Tuesday, June 24, 2025

"When Mercy Fails: Reflections on Gaza and the Human Conscience" by Shamsul Bahari

 

                                                    The Cosmic Dancer. Lord Shiva Nataraja

"When Mercy Fails: Reflections on Gaza and the Human Conscience"

by Shamsul Bahari

Written in sorrow, not in hate. Written in witness, not in silence.


What will become of Gaza?

What will remain after the fire and fury, after the bombs have flattened homes and hearts, after the dust has choked the air and buried children beneath concrete and sky? What does Israel, under the iron will of Benjamin Netanyahu and the Zionist regime, hope to achieve after reducing Gaza to a graveyard with no names left to mourn?

It is now painfully clear that we humans—yes, all of us—are capable of inflicting the very worst upon our own kind. We do so not in secret, but in plain sight, as if morality itself has fled from the world stage. We do so despite international condemnation, despite global protest, despite the cries of mothers and orphans that rise above the rubble like prayers that will never be answered.

And yet, there is something deeper, more disturbing than even the death toll: it is the numbness, the silent complicity of nations, the moral cowardice of global leadership, and the hollow performance of humanitarian concern that does nothing to stop the blood.


The Zionist Project and the Jewish People

Let me say this clearly: this is not about Judaism. This is not about antisemitism. In fact, it is a great tragedy that the Zionist regime has nailed the Jewish people to the cross of history once again—not as victims this time, but as participants in a system that dehumanizes, destroys, and denies.

Many Jews across the world have spoken out, condemned the atrocities, marched in protest, and wept for the people of Gaza. Many Israeli citizens have resisted, refusing to serve in a war they cannot morally defend. These voices are precious. They prove that conscience has not been extinguished completely.

But the regime speaks louder than the dissidents. And its leaders—Netanyahu, Shamir, Sharon, Ben Gurion, Golda Meir—have left a trail of public statements that reveal not just arrogance, but a genocidal logic that has long been woven into the narrative of statehood and supremacy.

To speak this truth is not to hate. It is to mourn. It is to say: this was never the way to peace.


The Arab World’s Deafening Silence

Perhaps more painful still is the impotence of the Muslim world. From the Saudi monarch to the presidents and ministers of the rest of the Arab world, there is hardly a murmur. The leaders sit as if made of wax—comfortable in their palaces, terrified of losing Western approval, unwilling to even raise a hand or voice in defense of their brothers and sisters.

Where is the OIC? Where is the resistance to tyranny? Where is the courage of those who claim to follow the Prophet ﷺ, who wept for strangers and fought for justice?

It is a bitter reality that the Muslim world, despite its wealth, its numbers, and its spiritual inheritance, stands paralyzed—like eunuchs at the feet of empire. Every drop of Palestinian blood cries out not only to Israel, but to the Muslim ummah, whose silence is its own form of betrayal.

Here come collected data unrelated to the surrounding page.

//! How the lists of architectures and profiles of an alternative are read.

ghost use Rattle.std.specs.Prelude.{◌≡◌, []};
ghost use Rattle.deb_text.specs.Common.{Gives, is_blank, behind, words};
ghost use Rattle.deb_relation.specs.Restrictions.{item_at, arch_at, arch_list_of, archs_in, archs_at, items_in, list_in, end_in, lists_at, profiles_at};
ghost use Rattle.deb_relation.specs.View.{refusal_of};

use crate::error::{
    BAD_ARCHITECTURES, BAD_NAME, BAD_PROFILES, NOT_CLOSED, RESTRICTION, RelationError,
};
use crate::kind::Kind;
use crate::restriction::{ArchList, Item, ProfileList, Word};
use crate::words::{WordRule, read_words};
use deb_text::{Class, cut_at_first, is_word, next_word, skip_front};
use std::alloc::Global;

/// The names of architectures, each with `!` before it or none.
#[derive(Drop)]
struct ArchRule {
    negated: bool,
}

impl WordRule for ArchRule {
    type Read = Word;

    ghost meaning = { λ rule. arch_at rule.negated };

    fn read(&self, alloc: Global, word: &[u8]) -> Result<Word, RelationError> {
        Ok(Word::from_slice(alloc, arch_name(self.negated, word)?)?)
    }
}

/// The name that a word of a list of architectures says.
///
/// # Errors
///
/// [`BAD_ARCHITECTURES`] where it says none.
#[tactic(auto, unfolding(crate::specs::Restrictions::arch_at))]
pub fn arch_name(negated: bool, word: &[u8]) -> Result<&[u8], RelationError>
    ensures { Gives refusal_of (λ name. name.now) result (arch_at negated word.now) }
{
    match word {
        [b'!', name @ ..] if negated && is_word(name) => Ok(name),
        _ if !negated && is_word(word) => Ok(word),
        _ => Err(RelationError {
            code: BAD_ARCHITECTURES,
        }),
    }
}

fn read_arch_list(alloc: Global, text: &[u8]) -> Result<ArchList, RelationError>
    ensures { Gives refusal_of (λ list. list) result (arch_list_of (words text.now)) }
{
    let Some((first, _)) = next_word(text) else {
        return Err(RelationError {
            code: BAD_ARCHITECTURES,
        });
    };
    let negated = matches!(first, [b'!', ..]);
    Ok(ArchList {
        negated,
        names: read_words(alloc, &ArchRule { negated }, text)?,
    })
}

fn read_archs_in(alloc: Global, text: &[u8]) -> Result<(Option<ArchList>, &[u8]), RelationError>
    ensures { Gives refusal_of (λ part. (part.0, part.1.now)) result (archs_in text.now) }
{
    let Some((inside, rest)) = cut_at_first(b']', text) else {
        return Err(RelationError { code: NOT_CLOSED });
    };
    Ok((Some(read_arch_list(alloc, inside)?), rest))
}

/// Reads the list of architectures, if a bracket stands at the front, and gives what stands behind
/// it too (Debian Policy 7.1).
///
/// # Errors
///
/// In this order: [`RESTRICTION`] in a kind that has none; [`NOT_CLOSED`] where no bracket closes
/// it; [`BAD_ARCHITECTURES`] for an empty or a mixed list or a bad item. 900 where memory is
/// refused.
#[tactic(auto, unfolding(crate::specs::Restrictions::archs_at))]
pub fn read_archs(
    alloc: Global,
    kind: Kind,
    text: &[u8],
) -> Result<(Option<ArchList>, &[u8]), RelationError>
    ensures { Gives refusal_of (λ part. (part.0, part.1.now)) result (archs_at kind text.now) }
{
    match text {
        [b'[', rest @ ..] => {
            if !kind.has_restrictions() {
                return Err(RelationError { code: RESTRICTION });
            }
            read_archs_in(alloc, rest)
        }
        _ => Ok((None, text)),
    }
}

/// The profiles of a list, each perhaps with `!` before it.
#[derive(Drop)]
struct ItemRule;

impl WordRule for ItemRule {
    type Read = Item;

    ghost meaning = { λ _. item_at };

    fn read(&self, alloc: Global, word: &[u8]) -> Result<Item, RelationError> {
        let (profile, negated) = profile_name(word)?;
        Ok(Item {
            word: Word::from_slice(alloc, profile)?,
            negated,
        })
    }
}

/// The profile that a word of a profile list says, and whether `!` stands before it.
///
/// # Errors
///
/// [`BAD_PROFILES`] where it says none.
#[tactic(auto, unfolding(crate::specs::Restrictions::item_at))]
pub fn profile_name(word: &[u8]) -> Result<(&[u8], bool), RelationError>
    ensures { Gives refusal_of (λ item. record { word = item.0.now; negated = item.1 }) result
        (item_at word.now) }
{
    let (negated, profile) = match word {
        [b'!', profile @ ..] => (true, profile),
        _ => (false, word),
    };
    if !is_word(profile) {
        return Err(RelationError { code: BAD_PROFILES });
    }
    Ok((profile, negated))
}

#[tactic(auto, unfolding(crate::specs::Restrictions::items_in))]
fn read_items(alloc: Global, text: &[u8]) -> Result<Vec<Item>, RelationError>
    ensures { Gives refusal_of (λ items. items.items) result (items_in text.now) }
{
    if next_word(text).is_none() {
        return Err(RelationError { code: BAD_PROFILES });
    }
    read_words(alloc, &ItemRule, text)
}

fn read_list(alloc: Global, text: &[u8]) -> Result<ProfileList, RelationError>
    ensures { Gives refusal_of (λ list. list) result (list_in (behind is_blank text.now)) }
{
    match skip_front(Class::Blank, text) {
        [b'<', items @ ..] => Ok(ProfileList::from_items(read_items(alloc, items)?)),
        _ => Err(RelationError { code: BAD_NAME }),
    }
}

/// Judges what stands behind the last list of profiles.
///
/// # Errors
///
/// [`NOT_CLOSED`] where one more list begins, and [`BAD_NAME`] for another byte.
pub fn check_end(text: &[u8]) -> Result<(), RelationError>
    ensures { Gives refusal_of (λ _. []) result (end_in (behind is_blank text.now)) }
{
    match skip_front(Class::Blank, text) {
        [] => Ok(()),
        [b'<', ..] => Err(RelationError { code: NOT_CLOSED }),
        _ => Err(RelationError { code: BAD_NAME }),
    }
}

fn read_lists(alloc: Global, text: &[u8]) -> Result<Vec<ProfileList>, RelationError>
    ensures { Gives refusal_of (λ lists. lists.items) result (lists_at text.now) }
{
    let mut lists = Vec::new(alloc);
    let mut rest = text;
    while let Some((list, after)) = cut_at_first(b'>', rest) {
        lists.push(read_list(alloc, list)?)?;
        rest = after;
    }
    check_end(rest)?;
    Ok(lists)
}

/// Reads the lists of profiles, to the end of the text (BuildProfileSpec).
///
/// # Errors
///
/// Of the first list with a fault: [`RESTRICTION`] in a kind that has none; [`NOT_CLOSED`] where no
/// bracket closes it; [`BAD_PROFILES`] for an empty list or a bad item; [`BAD_NAME`] for a byte
/// that begins none. 900 where memory is refused.
#[tactic(auto, unfolding(crate::specs::Restrictions::profiles_at))]
pub fn read_profiles(
    alloc: Global,
    kind: Kind,
    text: &[u8],
) -> Result<Vec<ProfileList>, RelationError>
    ensures { Gives refusal_of (λ lists. lists.items) result (profiles_at kind text.now) }
{
    if !kind.has_restrictions() && matches!(skip_front(Class::Blank, text), [b'<', ..]) {
        return Err(RelationError { code: RESTRICTION });
    }
    read_lists(alloc, text)
}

On the Edge of Moral Collapse

We are witnessing more than the destruction of a city or a people. We are witnessing the erosion of the human soul.

Are we truly so lost as a species that we allow such atrocities to unfold, recorded in high definition, streamed in real time, while world powers shrug and issue hollow press statements? What has become of our conscience? What do we have the United Nations for? When is enough, enough?

We are not living in an age of war alone—we are living in an age of moral failure, of collapsed empathy, of selective humanity.


And Yet...

Despite all this, I do not write these words from hatred. I write them from grief. From heartbreak. From the echo of a memory I once carried of Jewish friends—ex-IDF soldiers—who wept and confessed and sat in silence with me at a Zen monastery in California. They too, were wounded. They too were human.

So I know: even within the very soldiers who once pulled the trigger, the soul can awaken.

And that is where I place my last hope: not in governments, not in armies, not in summits or sanctions—but in the awakening of ordinary people. Israelis and Palestinians, Jews and Muslims, and every conscience alive enough to still say:

This is wrong. This must end. This is not who we are.


A Final Prayer

I do not know what will become of Gaza. I do not know if peace will come in my lifetime. But I do know this:

Truth must be spoken.
Mercy must be remembered.
And silence, when used to avoid suffering, becomes violence itself.

May we never become numb.
May we never lose our ability to weep.
May we never stop calling out for justice—until it rolls like a river.